BFH: EuGH-Vorlage zu Voraussetzungen einer umsatzsteuerfreien innergemeinschaftlichen Lieferung

BFH-Beschluss vom 10.11.2010 – XI R 11/09

Presseerklärung des Bundesfinanzhofs (BFH) Nr. 109:

“Der Bundesfinanzhof (BFH) hat durch Beschluss vom 10. November 2010 XI R 11/09 dem Gerichtshof der Europäischen Union (EuGH) u. a. die Fragen zur Vorabentscheidung vorgelegt, ob eine steuerfreie innergemeinschaftliche Lieferung nur dann anzunehmen ist, wenn der Steuerpflichtige die Umsatzsteuer-Identifikationsnummer des Erwerbers buchmäßig nachweist und ob es eine Rolle spielt, dass es sich bei dem Erwerber um einen in einem Drittland ansässigen Unternehmer handelt, der in keinem Mitgliedstaat umsatzsteuerrechtlich registriert ist.

Wenn ein Gegenstand durch einen Unternehmer oder durch seinen Abnehmer in das Gebiet eines anderen Mitgliedstaats der Europäischen Union (sog.
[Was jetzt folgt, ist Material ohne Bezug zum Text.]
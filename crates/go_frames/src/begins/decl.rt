//! Declarations of constants, variables and types.

ghost use Rattle.std.specs.Prelude.{[]};
ghost use Rattle.go_grammar.specs.StmtSteps as rows;
ghost use Rattle.go_frames.specs.FrameView.{Comes, token_of, stack_view};

use crate::frames::at::At;
use crate::frames::frame::{DeclFrame, Frame, TypesPart, ValuesPart};
use crate::frames::stack::{Answer, Stack, goes};
use go_syntax::Keyword;
use std::alloc::Global;

/// `const`, `type` or `var`.
pub fn begin_decl(alloc: Global, at: At, blocks: u32, stack: Stack) -> Answer
    ensures value { Comes result (rows.begin_decl (token_of at []) blocks (stack_view stack)) }
{
    if at.is_word(Keyword::Type) {
        let part = TypesPart {
            blocks,
            place: at.place,
            group: false,
            specs: Vec::new(alloc),
        };
        return goes(stack, Frame::Decl(DeclFrame::Types(part)));
    }
    let part = ValuesPart {
        blocks,
        place: at.place,
        constant: at.is_word(Keyword::Const),
        group: false,
        specs: Vec::new(alloc),
    };
    goes(stack, Frame::Decl(DeclFrame::Values(part)))
}
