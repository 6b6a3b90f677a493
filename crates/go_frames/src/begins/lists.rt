//! The lists in frames, each with one more at its end.

ghost use Rattle.std.specs.Prelude.{◌≡◌, IfOk, map};
ghost use Rattle.go_syntax.specs.Tree as t;
ghost use Rattle.go_grammar.specs.Nodes as nodes;
ghost use Rattle.go_syntax.specs.View.{expr_view, exprs_of, stmt_view, stmts_of, clause_view, comm_view, value_spec_view, type_spec_view};
ghost use Rattle.go_frames.specs.FrameView.{exprs_in, stmts_in, expr_perhaps, stmt_perhaps};

use crate::ends::list::{and_clause, and_comm, and_expr, and_stmt, and_type_spec, and_value_spec};
use crate::frames::form::{clause, comm, type_spec, value_spec};
use gj_base::{NoMemory, Place};
use go_syntax::tree::{Clause, Comm, Expr, Name, Stmt, TypeSpec, ValueSpec};

/// Expressions.
#[tactic(auto, using(std::proofs::lemmas::List::map_push))]
pub fn with_expr(list: Vec<Expr>, e: Expr) -> Result<Vec<Expr>, NoMemory>
    ensures value { IfOk result (λ all. exprs_in all.items ≡ nodes.and (exprs_in list.items) (expr_view e)) }
{
    and_expr(list, e)
}

/// Statements.
#[tactic(auto, using(std::proofs::lemmas::List::map_push))]
pub fn with_stmt(list: Vec<Stmt>, s: Stmt) -> Result<Vec<Stmt>, NoMemory>
    ensures value { IfOk result (λ all. stmts_in all.items ≡ nodes.and (stmts_in list.items) (stmt_view s)) }
{
    and_stmt(list, s)
}

/// A clause of a `switch`.
#[tactic(auto, using(crate::proofs::BeginsListLemmas::more_views))]
pub fn with_clause(
    list: Vec<Clause>,
    place: Place,
    exprs: Vec<Expr>,
    body: Vec<Stmt>,
) -> Result<Vec<Clause>, NoMemory>
    ensures value { IfOk result (λ all. map clause_view all.items ≡ nodes.and (map clause_view list.items) (λ rest. t.MoreClauses place (exprs_of (exprs_in exprs.items)) (stmts_of (stmts_in body.items)) rest)) }
{
    let item = clause(place, exprs, body);
    and_clause(list, item)
}

/// A clause of a `select`.
#[tactic(auto, using(crate::proofs::BeginsListLemmas::more_views))]
pub fn with_comm(
    list: Vec<Comm>,
    place: Place,
    said: Option<Stmt>,
    body: Vec<Stmt>,
) -> Result<Vec<Comm>, NoMemory>
    ensures value { IfOk result (λ all. map comm_view all.items ≡ nodes.and (map comm_view list.items) (λ rest. t.MoreComms place (stmt_perhaps said) (stmts_of (stmts_in body.items)) rest)) }
{
    let item = comm(place, said, body);
    and_comm(list, item)
}

/// A Spec of constants or variables.
#[tactic(auto, using(crate::proofs::BeginsListLemmas::more_views))]
pub fn with_values(
    list: Vec<ValueSpec>,
    names: Vec<Name>,
    ty: Option<Expr>,
    values: Vec<Expr>,
) -> Result<Vec<ValueSpec>, NoMemory>
    ensures value { IfOk result (λ all. map value_spec_view all.items ≡ nodes.and (map value_spec_view list.items) (λ rest. t.MoreValues names.items (expr_perhaps ty) (exprs_of (exprs_in values.items)) rest)) }
{
    let item = value_spec(names, ty, values);
    and_value_spec(list, item)
}

/// A Spec of a type.
#[tactic(auto, using(crate::proofs::BeginsListLemmas::more_views))]
pub fn with_type(
    list: Vec<TypeSpec>,
    name: Name,
    alias: bool,
    ty: Expr,
) -> Result<Vec<TypeSpec>, NoMemory>
    ensures value { IfOk result (λ all. map type_spec_view all.items ≡ nodes.and (map type_spec_view list.items) (λ rest. t.MoreTypes name alias (expr_view ty) rest)) }
{
    let item = type_spec(name, alias, ty);
    and_type_spec(list, item)
}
Bestimmungsland) befördert oder versendet wird, ist diese innergemeinschaftliche Lieferung nach § 4 Nr. 1 Buchst. b i.V.m. § 6a Abs. 1 Satz 1 Nr. 3 des Umsatzsteuergesetzes (UStG) nur dann steuerfrei, wenn der Erwerb des Gegenstandes der Lieferung beim Abnehmer in dem anderen Mitgliedstaat “den Vorschriften der Umsatzbesteuerung” unterliegt. Durch diese Regelung wird bezweckt, dass im innergemeinschaftlichen Handel zwischen Unternehmern die Mehrwertsteuereinnahmen dem Mitgliedstaat zustehen, in dem der Endverbrauch erfolgt (Bestimmungsland) ...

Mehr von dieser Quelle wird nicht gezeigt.